Thursday, November 13, 2008

Wrong Wrong Wrong

JOHN HEINZL

Globe and Mail Update

November 13, 2008 at 6:00 AM EST

As we watched the stock market take another sickening dive yesterday, a thought occurred to us. Two thoughts, actually.

Thought #1: Boy, things really suck out there.

Thought #2: Everything we were told about investing was dead wrong.

There is no need to dwell on #1, for it is now widely understood that things well and truly suck everywhere you look. But it is worth delving a little deeper into #2, because we all probably wish we'd been more skeptical of the assumptions we accepted as gospel before the financial world blew up.

For example, we were told time and again that nothing would stop Americans from spending. “Never bet against the U.S. consumer” went the refrain, and for years that was a smart strategy, because whether they were facing high gas prices, hurricanes or rising interest rates, Joe and Jane American kept shopping as if it were part of their genetic makeup.

Of course, we now understand what was behind the great American spending spree: an obscene amount of debt. It wasn't rising incomes or job growth that kept the malls packed, but credit cards, home-equity loans and various no-interest, money-down schemes made possible by asset-backed securities markets that were hungry for any paper you could feed them.

These sources of credit have either dried up or been seriously curtailed, which is why we have retailers such as Circuit City going into Chapter 11 and Best Buy slashing its forecast yesterday, citing “seismic changes in consumer behaviour [that] have created the most difficult climate we've ever seen.”

Best Buy's grim outlook – it warned that same-store sales could tumble by as much as 15 per cent between now and February – helped cut the knees out from under the stock market again yesterday, sending the Dow Jones industrial average down 411.3 points or 4.7 per cent to 8,282.66.

Another investing “truth” that turned out to be a myth was that the price of oil – being a finite resource in a world of ever-growing demand – could only go up. A related myth was that China's huge appetite for commodities would keep resource-based economies such as Canada's humming right along, thank you very much.

Both of these assumptions have now been exposed as false. With the global economy sinking fast, the price of oil yesterday slid another $3.17 (U.S.) or 5.3 per cent to $56.16 a barrel – the lowest close in 21 months and a far cry from the $147 it fetched last summer. As oil plunges, so does Canada's main stock index, which dropped 501.43 points or 5.3 per cent to 8,922.57 yesterday.

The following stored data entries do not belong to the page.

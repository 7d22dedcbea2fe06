//! Holds and drains: another seat's put, the last put, a fold that waits for a section.
ghost use Rattle.std.specs.Prelude.{◌≡◌, ◌+◌, ◌<◌, IfSome, IfErr};
ghost use Rattle.ref_state.specs.declared.state.Phase.TheVariants.{Live as IsLive, Folded as IsFolded};
ghost use Rattle.twin_tables.specs.Keeping.{Edits, IsIn};

use percpu_ref::drains::{fold, kill, poll};
use percpu_ref::lives::{Folded, Killed, Polled};
use percpu_ref::put_kinds::Put;
use rcu_sections::editor::Editor;
use std::alloc::{AllocError, Global};
use std::marker::Brand;
use std::sync::ledger::{Blank, Ledger};
use table_rule::ticks::Steps;
use twin_tables::edits::edit;
use twin_tables::ground::{Queues, five};
use twin_tables::meaning::Table;
use twin_tables::readers::{put_back, take_hold};

// Kills and folds disk 0 of a hidden pair: nothing where a section was found open.
fn fold_at_once<L: Ledger>(
    table: &Table,
    editor: &mut Editor<u64>,
    steps: &mut Steps<L>,
) -> Option<Folded>
    requires own { editor.old.seat.base.table_id ≡ table.now.table.shared.table_id }
    requires plan { (table.now.table.shared.key.disks ≡ 2) × (editor.old.disks ≡ 2) }
    requires edits { Edits 0 editor.old.seat.base.me.0 }
    requires live { IsIn IsLive 0 editor.old.seat.base.me.0 }
    ensures own { editor.new.seat.base.table_id ≡ editor.old.seat.base.table_id }
    ensures disks { editor.new.disks ≡ editor.old.disks }
    ensures folded { IfSome result (λ f. (f.disk ≡ 0)
        × IsIn IsFolded 0 editor.new.seat.base.me.0) }
{
    let killed = kill(table, editor, 0, steps);
    match fold(table, editor, killed, steps) {
        Ok(folded) => Some(folded),
        Err((again, _)) => {
            let Killed { disk: _, words: _ } = again;
            None
        }
    }
}

// How many holds stand: the last value is the count, and the first goes on where it isn't 0.
fn poll_at_once<L: Ledger>(
    table: &Table,
    editor: &mut Editor<u64>,
    folded: Folded,
    steps: &mut Steps<L>,
) -> Result<(), (Folded, u64)>
    requires own { editor.old.seat.base.table_id ≡ table.now.table.shared.table_id }
    requires plan { (table.now.table.shared.key.disks ≡ 2) × (editor.old.disks ≡ 2) }
    requires disk { folded.disk ≡ 0 }
    requires folded { IsIn IsFolded 0 editor.old.seat.base.me.0 }
    ensures own { editor.new.seat.base.table_id ≡ editor.old.seat.base.table_id }
    ensures disks { editor.new.disks ≡ editor.old.disks }
    ensures folded { IfErr result (λ r. (r.0.disk ≡ 0)
        × IsIn IsFolded 0 editor.new.seat.base.me.0) }
{
    match poll(table, editor, folded, steps) {
        Polled::Drained => Ok(()),
        Polled::Draining(again, holds) => Err((again, holds)),
    }
}

// Seat 1 gets a hold that seat 2 puts while the disk is live; then the disk is hidden, killed,
// folded and polled: what the put answered, and whether no hold stood.
fn put_elsewhere<L: Ledger>(alloc: Global, blank: Blank) -> Result<Option<(Put, bool)>, AllocError>
    requires name { (blank.name ≡ L.name) × (blank.parts ≡ L.parts) × (L.parts ≡ 5) }
{
    let (table, mut editor, queues) = five(alloc, 8, 4)?;
    let Queues {
        mut one,
        mut two,
        three: _,
        four: _,
    } = queues;
    let mut steps = Steps::<L>::start(blank);
    let (_, _, hold) = take_hold(&table, &mut one, 0, 0, &mut steps);
    let Some(hold) = hold else {
        return Ok(None);
    };
    let put = put_back(&table, &mut two, hold, &mut steps);
    if edit(&table, &mut editor, 0, &mut steps).is_err() {
        return Ok(None);
    }
    let Some(folded) = fold_at_once(&table, &mut editor, &mut steps) else {
        return Ok(None);
    };
    match poll_at_once(&table, &mut editor, folded, &mut steps) {
        Ok(()) => Ok(Some((put, true))),
        Err((again, _)) => {
            let Folded { disk: _ } = again;
            Ok(Some((put, false)))
        }
    }
}

#[test]
fn a_live_put_of_another_seat_is_in_the_sum(rt: HostRuntime) -> Result<(), AllocError> {
    let found = put_elsewhere::<Brand>(rt.alloc(), Blank::new(5))?;
    assert!(rt; found == Some((Put::Kept, true)));
    Ok(())
}

// Seat 1 gets two holds; the disk is hidden, killed, folded and polled; then seat 2 puts one and
// seat 1 the other: the count, both answers, and whether no hold stands at the end.
fn put_both<L: Ledger>(
    alloc: Global,
    blank: Blank,
) -> Result<Option<(u64, [Put; 2], bool)>, AllocError>
    requires name { (blank.name ≡ L.name) × (blank.parts ≡ L.parts) × (L.parts ≡ 5) }
{
    let (table, mut editor, queues) = five(alloc, 8, 4)?;
    let Queues {
        mut one,
        mut two,
        three: _,
        four: _,
    } = queues;
    let mut steps = Steps::<L>::start(blank);
    let (_, _, first) = take_hold(&table, &mut one, 0, 0, &mut steps);
    let Some(first) = first else {
        return Ok(None);
    };
    let (_, _, second) = take_hold(&table, &mut one, 0, 1, &mut steps);
    let Some(second) = second else {
        let _ = put_back(&table, &mut one, first, &mut steps);
        return Ok(None);
    };
    let hidden = edit(&table, &mut editor, 0, &mut steps).is_ok();
    let folded = if hidden {
        fold_at_once(&table, &mut editor, &mut steps)
    } else {
        None
    };
    let polled = match folded {
        Some(folded) => poll_at_once(&table, &mut editor, folded, &mut steps),
        None => Ok(()),
    };
    let puts = [
        put_back(&table, &mut two, first, &mut steps),
        put_back(&table, &mut one, second, &mut steps),
    ];
    let Err((again, holds)) = polled else {
        return Ok(None);
    };
    match poll_at_once(&table, &mut editor, again, &mut steps) {
        Ok(()) => Ok(Some((holds, puts, true))),
        Err((again, _)) => {
            let Folded { disk: _ } = again;
            Ok(Some((holds, puts, false)))
        }
    }
}

#[test]
fn the_last_put_is_told(rt: HostRuntime) -> Result<(), AllocError> {
    let found = put_both::<Brand>(rt.alloc(), Blank::new(5))?;
    assert!(rt; found == Some((2, [Put::Kept, Put::Last], true)));
    Ok(())
}
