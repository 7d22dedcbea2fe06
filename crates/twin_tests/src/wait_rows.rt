//! A fold that waits for a section which gets a hold after the kill.
ghost use Rattle.std.specs.Prelude.{◌≡◌};

use percpu_ref::drains::{fold, kill, poll};
use percpu_ref::lives::{Folded, Killed, Polled};
use percpu_ref::put_kinds::Put;
use percpu_ref::references::{get, put};
use rcu_sections::grace_periods::Reading;
use rcu_sections::sections::{enter, leave, place, row};
use ref_state::kinds::{BARE, Tag};
use std::alloc::{AllocError, Global};
use std::marker::Brand;
use std::sync::ledger::{Blank, Ledger};
use table_rule::ticks::Steps;
use twin_tables::edits::edit;
use twin_tables::ground::{Queues, five};

// Seat 1 is in a section that shows disk 0, without a hold. The disk is hidden and killed, and the
// fold is asked for; then the section gets a hold and is left, the fold is asked for again, the
// reference polled, the hold put, and the reference polled once more: who still read, the count
// polled, and what the put answered.
fn fold_beside_a_section<L: Ledger>(
    alloc: Global,
    blank: Blank,
) -> Result<Option<(Reading, u64, Put)>, AllocError>
    requires name { (blank.name ≡ L.name) × (blank.parts ≡ L.parts) × (L.parts ≡ 5) }
{
    let (table, mut editor, queues) = five(alloc, 8, 4)?;
    let Queues {
        mut one,
        two: _,
        three: _,
        four: _,
    } = queues;
    let mut steps = Steps::<L>::start(blank);
    let call = Tag {
        kind: BARE,
        caller: 1,
        number: 0,
    };
    let mut section = enter(&table, &mut one, &mut steps);
    let _ = place(&table, &mut section, call, &mut steps);
    let shown = row(&table, &mut section, 0, &mut steps);
    if shown == 0 {
        leave(&table, section, &mut steps);
        return Ok(None);
    }
    if edit(&table, &mut editor, 0, &mut steps).is_err() {
        leave(&table, section, &mut steps);
        return Ok(None);
    }
    let killed = kill(&table, &mut editor, 0, &mut steps);
    let (killed, reading) = match fold(&table, &mut editor, killed, &mut steps) {
        Err(waits) => waits,
        Ok(folded) => {
            let Folded { disk: _ } = folded;
            leave(&table, section, &mut steps);
            return Ok(None);
        }
    };
    let hold = get(&table, &mut section, 0, &mut steps);
    leave(&table, section, &mut steps);
    let folded = match fold(&table, &mut editor, killed, &mut steps) {
        Ok(folded) => folded,
        Err((again, _)) => {
            let Killed { disk: _, words: _ } = again;
            let _ = put(&table, &mut one, hold, &mut steps);
            return Ok(None);
        }
    };
    let (folded, holds) = match poll(&table, &mut editor, folded, &mut steps) {
        Polled::Draining(again, holds) => (again, holds),
        Polled::Drained => {
            let _ = put(&table, &mut one, hold, &mut steps);
            return Ok(None);
        }
    };
    let answer = put(&table, &mut one, hold, &mut steps);
    match poll(&table, &mut editor, folded, &mut steps) {
        Polled::Drained => Ok(Some((reading, holds, answer))),
        Polled::Draining(again, _) => {
            let Folded { disk: _ } = again;
            Ok(None)
        }
    }
}

#[test]
fn a_fold_waits_for_a_section(rt: HostRuntime) -> Result<(), AllocError> {
    let found = fold_beside_a_section::<Brand>(rt.alloc(), Blank::new(5))?;
    assert!(rt; found == Some((Reading { seat: 1, count: 1 }, 1, Put::Last)));
    Ok(())
}
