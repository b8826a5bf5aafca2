//! The supervisor: its entries and its queries.
//!
//! A public function that only calls a private one (`counts` calls `count`, `child` calls `find`, `rows` calls `copied`, `step` calls
//! `apply_at`) is proved of the whole history, by lemmas on the reference semantics. The private one is proved of the supervisor's state,
//! by its code. So no proof walks through code and history at once.
ghost use Rattle.std.specs.Prelude.{◌≡◌, ◌==◌, ◌<◌, ◌≤◌, ℕ, ◌+◌, List, [], ◌∷◌, ◌++◌, None, IsTrue, IfOk, IsOk, ◌⊎◌, MatchOption, false, true, length, if◌then◌else◌};
ghost use Rattle.std.specs.List.{list_any};
ghost use Rattle.sup_window.specs.Attempts.{remembered};
ghost use Rattle.sup_types.specs.declared.history.Entry.{Entry};
ghost use Rattle.sup_types.specs.declared.history.Operation.{Operation};
ghost use Rattle.sup_types.specs.declared.history.Answer.{Answer};
ghost use Rattle.sup_core.specs.Rows.{has_number, runs_as, stands_as, row_at, counts_of};
ghost use Rattle.sup_core.specs.State.{State, arrived, seen_of, MatchSeen};
ghost use Rattle.sup_core.specs.Replies.{reply_to, reply_up, removed, shuts_down, attempted, allows_restart, is_full, asked_argument, asked_again};
ghost use Rattle.sup_core.specs.Changes.{running, changed, next_state};
ghost use Rattle.sup_core.specs.Account.{IsAfter, reply_after, state_after, account, is_down};
ghost use Rattle.sup_core.specs.Queries.{which, count, child};

use crate::asked::{Asked, CachedIndex, NO_INDEX};
use crate::table::Table;
use std::alloc::{Allocator, Global};
use std::marker::Model;
use sup_types::{
    Answer, AutoShutdown, Counts, Entry, Kind, Operation, OutOfMemory, Reason, Reply, Row, Seen,
    Status, Template, Text,
};
use sup_window::Window;

/// Applies the rules of `simple_one_for_one` to one entry after another. It has room for the children and the attempts that its template
/// allows.
#[derive(Drop)]
pub struct Sup<A: Allocator = Global> {
    template: Template,
    alloc: A,
    window: Window<A>,
    latest: u64,
    table: Table<A>,
    steps: u64,
    down: bool,
}

impl<A: Allocator> Model for Sup<A> {
    ghost use Rattle.std.specs.Prelude.{◌≡◌, ◌≤◌};
    ghost use Rattle.sup_core.specs.State.{State};

    ghost Value = { State };

    ghost view = { λ s. record { template = s.template; rows = s.table.rows; made = s.table.made; latest = s.latest; attempts = s.window.moments; down = s.down; steps = s.steps } };

    ghost invariant = { λ s. (s.table.max ≡ s.template.max)
        × (s.window.intensity ≡ s.template.intensity) × (s.window.period ≡ s.template.period) × (s.window.latest ≤ s.latest)
        × (s.table.made ≤ s.steps) × (s.steps ≤ s.template.entries) };
}
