// What is proved of calls as text, both ways; no code.
#![tactic(auto)]
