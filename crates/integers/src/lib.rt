// Machine integers with checked steps: products that say whether they fit, and places that are formed only where there is one.
#![tactic(auto)]

ghost use Rattle.std.specs.Prelude.{◌≡◌, ◌+◌, ◌*◌, ◌<◌, pos, ◌+ℤ◌, ◌*ℤ◌};
ghost use Rattle.integers.specs.InnerChecked.{narrow_i64, narrow_u64};
ghost use Rattle.integers.specs.InnerPlaces.{PlacesFit};

// The largest i64 as a magnitude.
const I64_MAX: u64 = i64::MAX as u64;

// The largest number of 32 bits.
const HALF_MAX: u64 = 0xffff_ffff;

// Two factors of 32 bits have a product that fits, and need no division; std's method divides for any two.
pub fn checked_mul_u64(a: u64, b: u64) -> Option<u64>
    ensures { result ≡ narrow_u64 (a * b) }
{
    if a <= HALF_MAX && b <= HALF_MAX {
        Some(a * b)
    } else {
        a.checked_mul(b)
    }
}

// A product of a signed and an unsigned number: the magnitudes are multiplied, then the sign is put on.
pub fn checked_mul_i64(a: i64, n: u64) -> Option<i64>
    ensures { result ≡ narrow_i64 (a *ℤ pos n) }
{
    let p = checked_mul_u64(a.unsigned_abs(), n)?;
    if p <= I64_MAX {
        let v = p as i64;
        Some(if a < 0 { -v } else { v })
    } else if a < 0 && p == I64_MAX + 1 {
        Some(i64::MIN)
    } else {
        None
    }
}

// The place of the next value of a piece: behind the value at `at` lie `left` more, a step apart. Behind the last there is none, and no sum is formed, since it
// may not fit.
pub fn next_place(at: i64, step: i64, left: usize) -> i64
    requires { 0 < left → PlacesFit at step (left + 1) }
    ensures { (0 < left → result ≡ at +ℤ step) × (left ≡ 0 → result ≡ at) }
{
    if 0 < left {
        return at + step;
    }
    at
}
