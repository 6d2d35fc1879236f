//! The requests that a line can be, and why a line is not a request.

ghost use Rattle.std.specs.Prelude.{◌≡◌};
ghost use Rattle.fr_requests.specs.declared.requests.LineFault.TheVariants.{Memory};

use fr_graph::Edit;
use fr_tables::Hop;
use fr_ways::WayTable;
use std::alloc::{AllocError, AllocFailed};
use thiserror::Error;

/// What a line asks for. The numbers are those of the line, from 0 to 4,294,967,295. Whoever uses the request has to
/// test whether they are nodes, and whether the links make a network.
#[derive(Debug, Drop)]
pub enum Request {
    /// Use this network from now on: `["net", nodes, dest, links]`.
    Network {
        /// The number of nodes.
        nodes: u32,
        /// The destination.
        dest: u32,
        /// The links in the order of the line, each from its tail to its head.
        links: Vec<(u32, u32)>,
    },
    /// Remove the link between two nodes, whichever way it points: `["cut", u, v]`.
    Cut {
        /// One end of the link.
        u: u32,
        /// The other end.
        v: u32,
    },
    /// Add a link: `["add", u, v]`.
    Add {
        /// The tail of the link.
        u: u32,
        /// Its head.
        v: u32,
    },
    /// Join two nodes by a link, in a direction that closes no cycle: `["join", u, v]`.
    Join {
        /// The tail of the link, unless that would close a cycle.
        u: u32,
        /// The head of the link then.
        v: u32,
    },
    /// Make these edits in order: `["batch", [["cut", u, v], ["add", u, v], ["join", u, v], ..]]`.
    Batch {
        /// The edits in the order of the line.
        edits: Vec<Edit>,
    },
    /// Use another destination: `["dest", dest]`.
    Destination {
        /// The destination.
        dest: u32,
    },
    /// Ask for the route from a node to the destination: `["walk", x]`. This changes nothing.
    Walk {
        /// The first node of the route.
        x: u32,
    },
    /// Ask a question. This changes nothing.
    Ask(Question),
    /// Ask a question about one node: `["ways", x]` or `["nearest", x]`. This changes nothing.
    AskNode {
        /// What is asked.
        question: NodeQuestion,
        /// The node.
        x: u32,
    },
    /// Ask which hops to push, in which order, from one table of hops to another: `["pushes", table]` or
    /// `["pushes", table, wanted]`. A node that is missing at the end of a table is cut off. This changes nothing.
    Pushes {
        /// The table before the pushes.
        table: Vec<Hop>,
        /// The table after them. Without it, they lead to the next hops of the network in use.
        wanted: Option<Vec<Hop>>,
    },
    /// Ask which ways to push, in two phases, from one table of ways to the ways of the network in use:
    /// `["phases", table]`. A node that is missing at the end of the table has no ways. This changes nothing.
    Phases {
        /// The table before the pushes.
        table: WayTable,
    },
}

/// What can be asked about the network in use.
#[derive(Clone, Copy, Debug, PartialEq, Eq)]
pub enum Question {
    /// The links, in their current directions: `["links"]`.
    Links,
    /// How often each node has turned: `["counts"]`.
    Counts,
    /// The next hop of each node on its way to the destination: `["hops"]`.
    Hops,
    /// All nodes to which each node may send on, nearest first: `["ways"]`.
    Ways,
}

/// What can be asked about one node of the network in use.
#[derive(Clone, Copy, Debug, PartialEq, Eq)]
pub enum NodeQuestion {
    /// All nodes to which the node may send on, nearest first: `["ways", x]`.
    Ways,
    /// A route of the fewest links along the ways: `["nearest", x]`.
    Nearest,
}

/// Why a line is not a request.
#[derive(Debug, Drop, Error, PartialEq, Eq)]
pub enum LineFault {
    /// The line is not one JSON value: it is not UTF-8 or not JSON, it has no value or more than one, or it nests
    /// deeper than 127.
    #[error("the line is not JSON")]
    NotJson,
    /// The line is a JSON value that is not a request.
    #[error("the line is not a request")]
    NotRequest,
    /// An allocation was refused. This says nothing about the line.
    #[error("no memory")]
    Memory,
}

// Written by hand, because clauses say which fault a `?` returns.
impl From<AllocError> for LineFault {
    ghost from_gives = { λ _ fault. fault ≡ Memory };

    fn from(_refused: AllocError) -> LineFault {
        LineFault::Memory
    }
}

impl<T: Drop> From<AllocFailed<T>> for LineFault {
    ghost from_gives = { λ _ fault. fault ≡ Memory };

    fn from(_refused: AllocFailed<T>) -> LineFault {
        LineFault::Memory
    }
}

China, meanwhile, is looking more and more like a bubble in the process of popping. Property prices are plunging, factories are closing and the government – in a desperate move to prevent a severe economic slump that would spark widespread social unrest – is pouring more than a half-trillion dollars into infrastructure projects. Focusing on its domestic economy makes sense, given that Americans are no longer in a position to buy the goods rolling off Chinese assembly lines.

It's easy, in hindsight, to identify all the faulty assumptions that have now landed investors in a world of hurt. The hard part will be spotting such falsehoods the next time around, before they become so obvious to everyone.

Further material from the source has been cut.